The sample consisted of at-risk students. The authors defined risk as performance below the 35th percentile at the start of fourth grade on a broad-based calculations test (Wide Range Achievement Test–4 [WRAT]; Wilkinson & Robertson, 2006). They sampled half the at-risk students from the 15th percentile and the other half between the 15th and 34th percentiles. Two-subtests of the Wechsler Abbreviated Scales of Intelligence (WASI; Wechsler, 1999) were administered to students who met the risk criterion and 18 students with T-scores below the 9th percentile on both subtests were excluded. The sample of 142 students includes 62.5% females, 13.5% English learners, 89.5% free/reduced lunch, 13.5% receiving special education, 58% African American, 18.5% White, 19% Hispanic, and 4.5% Other.
The Multiplicative Word Problem (M-WP) condition included 36 lessons from the Fraction Face-Off! intervention program (Fuchs, Schumacher, Malone, & Fuchs, 2015). Each lesson was 35 minutes long and was delivered to students in groups of 2 by tutors hired by the research team. A focus of the lessons was the measurement interpretation of fractions, which involved comparing, ordering, placing fractions on a number line, equivalencies, and the use of manipulatives. Two multiplicative word problems were taught: "splitting" and "grouping." The M-WP condition limited the denominators to 2, 3, 4, 5, 6, 8, 10, and 12 and the pool of equivalent fractions and reducing activities to 1/2, 1/3, 1/4, 1/5, and 1/1. It focused on using words to explain thinking, identifying problems as belonging to word problem types, and representing the structure of word problems using arrays.

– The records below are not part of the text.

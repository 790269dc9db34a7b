//! The source over a file, alone and under layers.
use crate::small::SMALL;
use file::house_file::HouseFile;
use file_source::FileSource;
use house::bad::BadFile;
use kinds::refusal::Refusal;
use sources::clock::Clock;
use sources::clocked::Clocked;
use sources::fault::Fault;
use sources::record::Action;
use sources::source::Source;
use sources::window::Window;
use std::process::Abort;
use std::test::Fail;

/// The first record has this row and action.
fn first<S: Source>(rt: &impl Abort, source: &mut S, row: u64, action: Action) -> Result<(), Fail> {
    let Some(record) = source.look()? else {
        return Err(Fail::new("no record"));
    };
    assert_eq!(rt; record.row, row);
    assert_eq!(rt; record.action, action);
    Ok(())
}

#[test]
fn alone(rt: HostRuntime) -> Result<(), Fail> {
    let mut file = HouseFile::empty();
    file.read(&SMALL)?;
    let mut source = FileSource::new(file);
    assert_eq!(rt; source.height(), 0);
    first(&rt, &mut source, 0, Action::Mark)?;
    assert_eq!(rt; source.text(0), None);
    source.step();
    first(&rt, &mut source, 1, Action::Set)?;
    assert_eq!(rt; source.text(1), Some(b'0'));
    assert_eq!(rt; source.text(2), None);
    assert_eq!(rt; source.text(u64::MAX), None);
    source.step();
    first(&rt, &mut source, 2, Action::MakeMap)?;
    source.step();
    assert!(rt; matches!(source.look(), Ok(None)));
    source.step();
    assert!(rt; matches!(source.look(), Ok(None)));
    Ok(())
}

#[test]
fn under_layers(rt: HostRuntime) -> Result<(), Fail> {
    let mut file = HouseFile::empty();
    file.read(&SMALL)?;
    let Some(clock) = Clock::new(&[3]) else {
        return Err(Fail::new("no clock"));
    };
    let covered = Clocked::new(Window::new(FileSource::new(file), 1, 9), clock);
    let mut pile = Window::new(covered, 0, 5);
    assert_eq!(rt; pile.height(), 3);
    first(&rt, &mut pile, 1, Action::Set)?;
    assert_eq!(rt; pile.text(0), Some(b'0'));
    pile.step();
    assert!(rt; matches!(pile.look(), Ok(None)));
    Ok(())
}

#[test]
fn a_fault_from_within(rt: HostRuntime) -> Result<(), Fail> {
    let mut file = HouseFile::empty();
    file.read(&SMALL)?;
    let Some(clock) = Clock::new(&[]) else {
        return Err(Fail::new("no clock"));
    };
    let covered = Clocked::new(Window::new(FileSource::new(file), 1, 9), clock);
    let mut pile = Window::new(covered, 0, 5);
    let Err(fault) = pile.look() else {
        return Err(Fail::new("no fault"));
    };
    assert_eq!(rt;
        fault,
        Fault {
            refusal: Refusal::ActorUnknown,
            row: 1,
            height: 2,
        }
    );
    Ok(())
}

The comparison group used the enVisionMATH program (Scott Foresman--Addision Wesley, 2011) for an average of 60 minutes per day and focused mainly on part-whole understanding, rather than the measurement interpretation of fractions. Also, it covered advanced skills like estimation and did not restrict the range of fractions used. The comparison group utilized drawing pictures, making tables, and focusing on key words. Comparison teachers reported at-risk comparison students received an average of 57.43 minutes per week of supplemental mathematics (beyond the classroom mathematics program).
Support for implementation
The authors conducted follow-up trainings for tutors biweekly for 1 hour to provide opportunities for (a) dynamic feedback as the fraction lessons progressed in difficulty and (b) solving problems related to students’ challenging behavior and skill-level differences in dyads.